**Instructions to follow:** The word "Arrow" occurs in some lines of the data. Return each such line.

------ Given records ------

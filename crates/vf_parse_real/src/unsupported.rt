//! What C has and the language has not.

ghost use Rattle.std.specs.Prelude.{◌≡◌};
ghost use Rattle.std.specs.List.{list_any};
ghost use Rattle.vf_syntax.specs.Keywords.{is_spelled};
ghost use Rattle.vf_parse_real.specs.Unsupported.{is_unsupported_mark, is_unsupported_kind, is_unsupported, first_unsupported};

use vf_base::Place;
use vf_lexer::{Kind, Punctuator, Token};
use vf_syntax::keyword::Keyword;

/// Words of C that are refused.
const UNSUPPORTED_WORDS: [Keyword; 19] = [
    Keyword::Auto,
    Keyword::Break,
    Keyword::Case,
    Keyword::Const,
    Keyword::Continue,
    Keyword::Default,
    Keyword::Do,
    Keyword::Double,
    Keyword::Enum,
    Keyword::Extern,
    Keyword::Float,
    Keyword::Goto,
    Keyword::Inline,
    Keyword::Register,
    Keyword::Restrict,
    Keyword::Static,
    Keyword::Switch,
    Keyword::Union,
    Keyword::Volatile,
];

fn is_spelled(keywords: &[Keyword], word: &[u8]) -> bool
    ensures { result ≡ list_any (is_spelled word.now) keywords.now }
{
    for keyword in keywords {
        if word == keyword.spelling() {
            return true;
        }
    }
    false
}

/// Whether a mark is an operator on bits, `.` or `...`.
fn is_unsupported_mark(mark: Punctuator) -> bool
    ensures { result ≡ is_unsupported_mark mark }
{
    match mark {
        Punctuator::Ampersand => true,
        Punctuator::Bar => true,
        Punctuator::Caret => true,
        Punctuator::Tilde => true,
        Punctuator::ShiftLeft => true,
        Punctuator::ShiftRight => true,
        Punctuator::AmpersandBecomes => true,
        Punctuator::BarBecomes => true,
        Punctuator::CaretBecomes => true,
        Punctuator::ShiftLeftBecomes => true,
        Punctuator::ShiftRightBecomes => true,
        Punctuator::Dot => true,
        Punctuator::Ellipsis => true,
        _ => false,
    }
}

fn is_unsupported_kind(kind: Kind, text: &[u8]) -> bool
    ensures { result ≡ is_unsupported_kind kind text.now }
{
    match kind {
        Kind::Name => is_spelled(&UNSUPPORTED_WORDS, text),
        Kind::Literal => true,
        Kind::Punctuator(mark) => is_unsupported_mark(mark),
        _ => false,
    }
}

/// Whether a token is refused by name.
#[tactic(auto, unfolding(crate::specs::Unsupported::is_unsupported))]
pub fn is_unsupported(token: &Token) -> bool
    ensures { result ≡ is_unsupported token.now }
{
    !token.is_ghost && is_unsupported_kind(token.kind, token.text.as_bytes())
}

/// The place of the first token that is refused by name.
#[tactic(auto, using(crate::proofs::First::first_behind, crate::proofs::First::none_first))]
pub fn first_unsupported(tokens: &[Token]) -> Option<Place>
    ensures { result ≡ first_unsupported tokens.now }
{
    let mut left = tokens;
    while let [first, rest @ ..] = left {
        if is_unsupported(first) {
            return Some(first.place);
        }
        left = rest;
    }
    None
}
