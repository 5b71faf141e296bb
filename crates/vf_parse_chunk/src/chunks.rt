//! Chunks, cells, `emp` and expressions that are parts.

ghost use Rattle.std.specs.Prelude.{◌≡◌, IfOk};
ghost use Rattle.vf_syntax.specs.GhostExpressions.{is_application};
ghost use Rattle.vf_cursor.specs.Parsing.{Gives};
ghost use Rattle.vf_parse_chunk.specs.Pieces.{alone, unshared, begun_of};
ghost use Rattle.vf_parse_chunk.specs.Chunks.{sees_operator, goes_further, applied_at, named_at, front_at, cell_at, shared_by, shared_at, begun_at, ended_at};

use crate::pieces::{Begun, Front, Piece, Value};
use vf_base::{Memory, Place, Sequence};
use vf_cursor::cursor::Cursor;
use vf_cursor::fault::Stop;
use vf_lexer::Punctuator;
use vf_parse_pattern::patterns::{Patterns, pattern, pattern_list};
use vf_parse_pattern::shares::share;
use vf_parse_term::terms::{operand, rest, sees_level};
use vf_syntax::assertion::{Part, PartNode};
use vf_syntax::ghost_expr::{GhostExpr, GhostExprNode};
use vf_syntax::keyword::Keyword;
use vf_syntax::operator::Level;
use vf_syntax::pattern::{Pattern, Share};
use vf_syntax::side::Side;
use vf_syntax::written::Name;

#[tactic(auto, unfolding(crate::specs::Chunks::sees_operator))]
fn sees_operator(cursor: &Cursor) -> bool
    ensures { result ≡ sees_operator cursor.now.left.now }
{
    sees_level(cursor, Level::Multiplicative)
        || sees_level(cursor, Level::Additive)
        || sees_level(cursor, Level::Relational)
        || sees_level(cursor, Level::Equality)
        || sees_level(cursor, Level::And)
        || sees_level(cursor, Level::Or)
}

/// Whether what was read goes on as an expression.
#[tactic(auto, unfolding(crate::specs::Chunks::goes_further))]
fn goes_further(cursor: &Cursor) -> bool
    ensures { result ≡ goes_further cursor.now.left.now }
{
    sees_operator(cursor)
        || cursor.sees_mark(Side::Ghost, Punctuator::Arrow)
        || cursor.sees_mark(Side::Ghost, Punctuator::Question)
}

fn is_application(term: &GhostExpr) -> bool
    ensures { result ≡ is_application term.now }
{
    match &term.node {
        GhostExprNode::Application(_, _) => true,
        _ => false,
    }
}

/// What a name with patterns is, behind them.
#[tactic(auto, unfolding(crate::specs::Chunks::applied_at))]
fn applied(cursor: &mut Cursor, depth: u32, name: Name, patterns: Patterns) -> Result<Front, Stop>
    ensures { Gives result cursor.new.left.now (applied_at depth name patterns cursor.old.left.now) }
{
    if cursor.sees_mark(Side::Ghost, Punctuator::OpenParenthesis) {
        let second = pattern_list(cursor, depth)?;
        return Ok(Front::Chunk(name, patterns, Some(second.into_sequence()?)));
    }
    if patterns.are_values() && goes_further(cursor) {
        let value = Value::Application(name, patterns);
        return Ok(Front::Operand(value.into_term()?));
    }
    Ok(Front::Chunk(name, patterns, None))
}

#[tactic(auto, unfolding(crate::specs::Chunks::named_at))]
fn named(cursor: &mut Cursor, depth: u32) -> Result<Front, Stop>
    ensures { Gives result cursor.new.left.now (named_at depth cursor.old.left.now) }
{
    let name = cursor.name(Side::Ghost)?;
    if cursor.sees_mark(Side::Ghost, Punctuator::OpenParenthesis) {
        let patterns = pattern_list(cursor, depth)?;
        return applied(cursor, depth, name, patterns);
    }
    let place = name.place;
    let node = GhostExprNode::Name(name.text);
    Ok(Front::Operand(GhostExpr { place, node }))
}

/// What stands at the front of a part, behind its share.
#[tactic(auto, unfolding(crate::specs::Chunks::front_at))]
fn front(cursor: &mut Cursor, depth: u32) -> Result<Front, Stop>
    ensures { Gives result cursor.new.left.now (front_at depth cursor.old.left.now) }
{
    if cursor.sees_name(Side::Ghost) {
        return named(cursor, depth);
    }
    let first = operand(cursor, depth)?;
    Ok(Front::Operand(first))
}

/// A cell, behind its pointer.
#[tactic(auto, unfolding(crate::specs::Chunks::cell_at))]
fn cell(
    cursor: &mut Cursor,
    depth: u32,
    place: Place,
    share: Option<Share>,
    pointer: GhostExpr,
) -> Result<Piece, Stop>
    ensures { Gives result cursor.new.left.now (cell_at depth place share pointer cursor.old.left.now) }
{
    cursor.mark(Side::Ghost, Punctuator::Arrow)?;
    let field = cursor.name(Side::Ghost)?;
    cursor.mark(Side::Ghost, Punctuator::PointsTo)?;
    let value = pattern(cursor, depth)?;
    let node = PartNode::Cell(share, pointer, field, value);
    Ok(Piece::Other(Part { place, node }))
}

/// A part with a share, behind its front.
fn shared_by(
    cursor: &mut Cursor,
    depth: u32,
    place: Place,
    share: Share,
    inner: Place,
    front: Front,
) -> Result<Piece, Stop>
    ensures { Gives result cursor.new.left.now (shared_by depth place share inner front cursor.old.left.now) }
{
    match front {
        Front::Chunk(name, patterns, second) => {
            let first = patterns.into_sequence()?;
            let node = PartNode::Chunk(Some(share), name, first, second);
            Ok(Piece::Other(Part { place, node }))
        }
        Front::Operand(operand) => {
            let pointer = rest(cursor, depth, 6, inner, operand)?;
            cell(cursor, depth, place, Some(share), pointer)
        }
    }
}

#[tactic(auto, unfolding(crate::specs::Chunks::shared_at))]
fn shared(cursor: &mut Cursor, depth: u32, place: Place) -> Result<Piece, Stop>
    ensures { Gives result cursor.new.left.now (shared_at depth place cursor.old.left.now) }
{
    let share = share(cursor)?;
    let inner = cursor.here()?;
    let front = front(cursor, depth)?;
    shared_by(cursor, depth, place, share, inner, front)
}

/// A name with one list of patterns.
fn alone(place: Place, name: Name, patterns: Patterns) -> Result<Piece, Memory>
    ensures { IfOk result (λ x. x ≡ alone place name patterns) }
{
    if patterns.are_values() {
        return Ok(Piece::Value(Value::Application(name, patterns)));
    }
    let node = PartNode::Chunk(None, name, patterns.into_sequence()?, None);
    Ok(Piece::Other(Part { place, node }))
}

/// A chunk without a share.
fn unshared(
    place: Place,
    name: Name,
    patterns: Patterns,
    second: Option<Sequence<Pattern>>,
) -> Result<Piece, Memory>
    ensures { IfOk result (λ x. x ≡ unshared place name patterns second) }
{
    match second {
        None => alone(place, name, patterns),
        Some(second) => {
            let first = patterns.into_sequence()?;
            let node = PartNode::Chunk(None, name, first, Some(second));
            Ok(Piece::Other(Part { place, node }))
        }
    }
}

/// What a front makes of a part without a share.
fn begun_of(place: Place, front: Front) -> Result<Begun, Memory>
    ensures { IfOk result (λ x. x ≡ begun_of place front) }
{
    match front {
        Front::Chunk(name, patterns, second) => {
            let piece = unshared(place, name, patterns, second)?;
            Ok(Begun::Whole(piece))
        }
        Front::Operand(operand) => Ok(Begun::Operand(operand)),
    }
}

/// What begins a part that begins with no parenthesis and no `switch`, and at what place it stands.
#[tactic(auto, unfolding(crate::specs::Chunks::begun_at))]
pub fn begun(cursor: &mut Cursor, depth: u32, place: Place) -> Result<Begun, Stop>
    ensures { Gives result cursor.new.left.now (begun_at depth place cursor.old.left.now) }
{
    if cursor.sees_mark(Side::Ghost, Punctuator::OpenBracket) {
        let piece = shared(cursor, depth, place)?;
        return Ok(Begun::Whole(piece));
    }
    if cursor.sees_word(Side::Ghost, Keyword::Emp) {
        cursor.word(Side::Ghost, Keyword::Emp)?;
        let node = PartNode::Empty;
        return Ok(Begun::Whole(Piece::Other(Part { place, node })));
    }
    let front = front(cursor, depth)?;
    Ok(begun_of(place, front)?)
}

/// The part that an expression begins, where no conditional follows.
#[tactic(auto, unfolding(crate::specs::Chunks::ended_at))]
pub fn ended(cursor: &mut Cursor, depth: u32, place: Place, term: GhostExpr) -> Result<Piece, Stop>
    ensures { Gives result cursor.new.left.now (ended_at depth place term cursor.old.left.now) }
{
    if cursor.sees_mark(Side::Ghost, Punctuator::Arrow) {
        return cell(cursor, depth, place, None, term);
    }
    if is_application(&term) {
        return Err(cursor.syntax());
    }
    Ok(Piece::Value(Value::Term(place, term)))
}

------

**Output for this exercise:**
        || cursor.sees_mark(Side::Ghost, Punctuator::Arrow)
    cursor.mark(Side::Ghost, Punctuator::Arrow)?;
    if cursor.sees_mark(Side::Ghost, Punctuator::Arrow) {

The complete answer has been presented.